The question Soutphommasane poses for those who want 18C repealed is this: ‘What is it that you want to say that is not already protected by the legislation’s free speech exemption?’
‘Soutphommasane reminds us that the provisions of the act are civil, not criminal’
As an Australian of Lao and Chinese heritage, Soutphommasane flecks his text with some personal experiences of racial discrimination and unconscious bias. When he told a new acquaintance that he worked at the Human Rights Commission, for example, the next question was whether he worked in the finance or the IT section. The question, writes Soutphommasane, revealed some assumptions ‘about what someone who looked like me was likely to have as an occupation’.
In addition to the author’s vignettes, there are five short essays from other writers providing personal perspectives on racism and discrimination. The most powerful is Christos Tsiolkas’s ‘A Mongrel Multiculturalism’. Tsiolkas describes his cautious and slow-building acquaintance with a young refugee from Africa who attends the same gym. They progress from nods of greeting to brief conversations about personal histories and global politics. One day in the steam room it all goes horribly wrong. A third man, obviously and openly gay, attempts to engage them both in conversation. The refugee refuses to respond and as soon as he and Tsiolkas are alone, he lets loose with homophobic invective.
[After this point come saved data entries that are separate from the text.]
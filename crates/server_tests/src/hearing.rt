//! The wait for config epochs.
ghost use Rattle.std.specs.Prelude.{◌≡◌, IfOk, length};

use crate::plans::call;
use crate::script::Replies;
use crate::servers::{MASTER, NONE, OK, ScriptedPort, port, written};
use cluster_admin::{AdminCommand, PortFault};
use key_slots::{NodeId, Slot};
use redis_servers::ServersSeat;
use std::process::Abort;
use std::test::Fail;

/// CLUSTER NODES of n1 itself, whose epoch is 9; then of n2, which knows an older one of n1, and then that one.
const OWN: &[u8] = b"$98\r\n\
        bbbbbbbbbbbbbbbbbbbbbbbbbbbbbbbbbbbbbbbb 127.0.0.1:7001@17001 myself,master - 0 0 9 connected 0-5\n\
        \r\n";

const OLD: &[u8] = b"$91\r\n\
        bbbbbbbbbbbbbbbbbbbbbbbbbbbbbbbbbbbbbbbb 127.0.0.1:7001@17001 master - 0 0 2 connected 0-5\n\
        \r\n";

const NEW: &[u8] = b"$91\r\n\
        bbbbbbbbbbbbbbbbbbbbbbbbbbbbbbbbbbbbbbbb 127.0.0.1:7001@17001 master - 0 0 9 connected 0-5\n\
        \r\n";

/// CLUSTER NODES of n2 itself, once it owns the slot.
const OWNER: &[u8] = b"$109\r\n\
        cccccccccccccccccccccccccccccccccccccccc 127.0.0.1:7002@17002 myself,master - 0 0 10 connected 5 10923-16383\n\
        \r\n";

const SOURCE: Replies = &[OK, OK, OWN, OWN, MASTER, MASTER];

const HEARING: Replies = &[OLD, NEW, NEW, OK, OWNER];

const UNHEARD: Replies = &[OK, OK, OWN, OWN, OWN];

const UNHEARING: Replies = &[OLD, OLD, OLD, OK];

/// Gives the slot 5 to n1, and then from there to n2: how the last command is answered.
fn to_and_on(port: &mut ScriptedPort, seat: &mut ServersSeat) -> Result<bool, PortFault>
    requires { length port.old.setup.book ≡ 3 }
    ensures { length port.new.setup.book ≡ 3 }
{
    let slot = Slot::of(5);
    drop(call(port, seat, 1, AdminCommand::SetNode(slot, NodeId::of(1)))?);
    drop(call(port, seat, 1, AdminCommand::Migrating(slot, NodeId::of(2)))?);
    let last = call(port, seat, 2, AdminCommand::SetNode(slot, NodeId::of(2)));
    Ok(last.is_ok())
}

/// The second turn finds the target to have heard of the source's epoch.
#[test]
fn the_target_hears(rt: HostRuntime) -> Result<(), Fail> {
    let alloc = rt.alloc();
    let mut port = port(alloc, NONE, SOURCE, HEARING)?;
    let mut seat = ServersSeat::new(alloc)?;
    assert!(rt; to_and_on(&mut port, &mut seat)?);
    assert!(rt; written(&port, 2) == HEARD);
    assert!(rt; port.said().is_none());
    Ok(())
}

/// Two turns of the wait for the epoch, one look at what the target claims, the command, and one look at the end.
const HEARD: &[u8] = b"*2\r\n$7\r\nCLUSTER\r\n$5\r\nNODES\r\n*2\r\n$7\r\nCLUSTER\r\n$5\r\nNODES\r\n\
        *2\r\n$7\r\nCLUSTER\r\n$5\r\nNODES\r\n*5\r\n$7\r\n\
        CLUSTER\r\n$7\r\nSETSLOT\r\n$1\r\n5\r\n$4\r\nNODE\r\n$40\r\n\
        cccccccccccccccccccccccccccccccccccccccc\r\n*2\r\n$7\r\nCLUSTER\r\n$5\r\nNODES\r\n";

/// The target does not hear in time: the slot stays open, and the port says so.
#[test]
fn the_target_does_not_hear(rt: HostRuntime) -> Result<(), Fail> {
    let alloc = rt.alloc();
    let mut port = port(alloc, NONE, UNHEARD, UNHEARING)?;
    let mut seat = ServersSeat::new(alloc)?;
    assert!(rt; !to_and_on(&mut port, &mut seat)?);
    assert!(rt;
        is_said(
            &port,
            b"n2 has not heard of n1's config epoch after 2 seconds"
        )
    );
    Ok(())
}

/// CLUSTER NODES of n1, which owns the slot 16000 by now, of which n2 has not heard yet.
const TAKEN: &[u8] = b"$104\r\n\
        bbbbbbbbbbbbbbbbbbbbbbbbbbbbbbbbbbbbbbbb 127.0.0.1:7001@17001 myself,master - 0 0 9 connected 0-5 16000\n\
        \r\n";

const CLAIMING: &[u8] = b"$197\r\n\
        bbbbbbbbbbbbbbbbbbbbbbbbbbbbbbbbbbbbbbbb 127.0.0.1:7001@17001 master - 0 0 9 connected 0-5\n\
        cccccccccccccccccccccccccccccccccccccccc 127.0.0.1:7002@17002 myself,master - 0 0 3 connected 10923-16383\n\
        \r\n";

/// n2 gives the slot 16000 to n1, and takes the slot 5 before it has heard that the other one is n1's: it would claim
/// both with its new epoch.
#[test]
fn the_target_still_claims(rt: HostRuntime) -> Result<(), Fail> {
    let alloc = rt.alloc();
    let second: Replies = &[OK, TAKEN, OK, TAKEN];
    let third: Replies = &[
        OK, MASTER, MASTER, CLAIMING, CLAIMING, CLAIMING, CLAIMING, OK,
    ];
    let mut port = port(alloc, NONE, second, third)?;
    let mut seat = ServersSeat::new(alloc)?;
    assert!(rt; !to_and_from(&mut port, &mut seat)?);
    assert!(rt;
        is_said(
            &port,
            b"n2 has not heard of the other masters' slots and config epochs after 2 seconds"
        )
    );
    Ok(())
}

fn to_and_from(port: &mut ScriptedPort, seat: &mut ServersSeat) -> Result<bool, PortFault>
    requires { length port.old.setup.book ≡ 3 }
    ensures { length port.new.setup.book ≡ 3 }
{
    let (one, other) = (Slot::of(16_000), Slot::of(5));
    drop(call(port, seat, 2, AdminCommand::Migrating(one, NodeId::of(1)))?);
    drop(call(port, seat, 1, AdminCommand::SetNode(one, NodeId::of(1)))?);
    drop(call(port, seat, 1, AdminCommand::Migrating(other, NodeId::of(2)))?);
    let last = call(port, seat, 2, AdminCommand::SetNode(other, NodeId::of(2)));
    Ok(last.is_ok())
}

fn is_said(port: &ScriptedPort, words: &[u8]) -> bool {
    match port.said() {
        Some(text) => text.get() == words,
        None => false,
    }
}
Tsiolkas admits to cowardice in not revealing his own sexuality in response, but this is the difficult terrain of a pluralist Australia:
Certainly I understand that it was a small and arguably trivial exchange but nevertheless it still disturbs me for the way it challenges my faith in the achievements of multiculturalism and of how it reminds me of the difficulty of standing up to hate speech. I was humiliated in that moment from both my gutlessness in response to his diatribe but also ashamed in recognising that this young man saw me as a sickness and an evil. But I was also saddened, disappointed in his ignorance, but more importantly, let down by his lack of civility.
The need for civility is an important strand in Soutphommasane’s argument. He describes Section 18C as ‘setting a norm for civility in a multicultural society’ and argues that civility requires ‘a certain discipline’. This is a partial response to the question of whether a law can drive a change in cultural norms. To quote King again, he said that the claim that you cannot legislate morality is half-true: ‘But we must go on to say that while it may be true that morality cannot be legislated, behaviour can be regulated. It may be true that the law cannot change the heart but it can restrain the heartless.’
It is impossible to quantify the extent to which the Racial Discrimination Act might have reduced racism and increased civility over the past forty years; but if laws give expression to public morality and articulate our ‘aspirations for fairness and justice’, then the act is important and worth defending.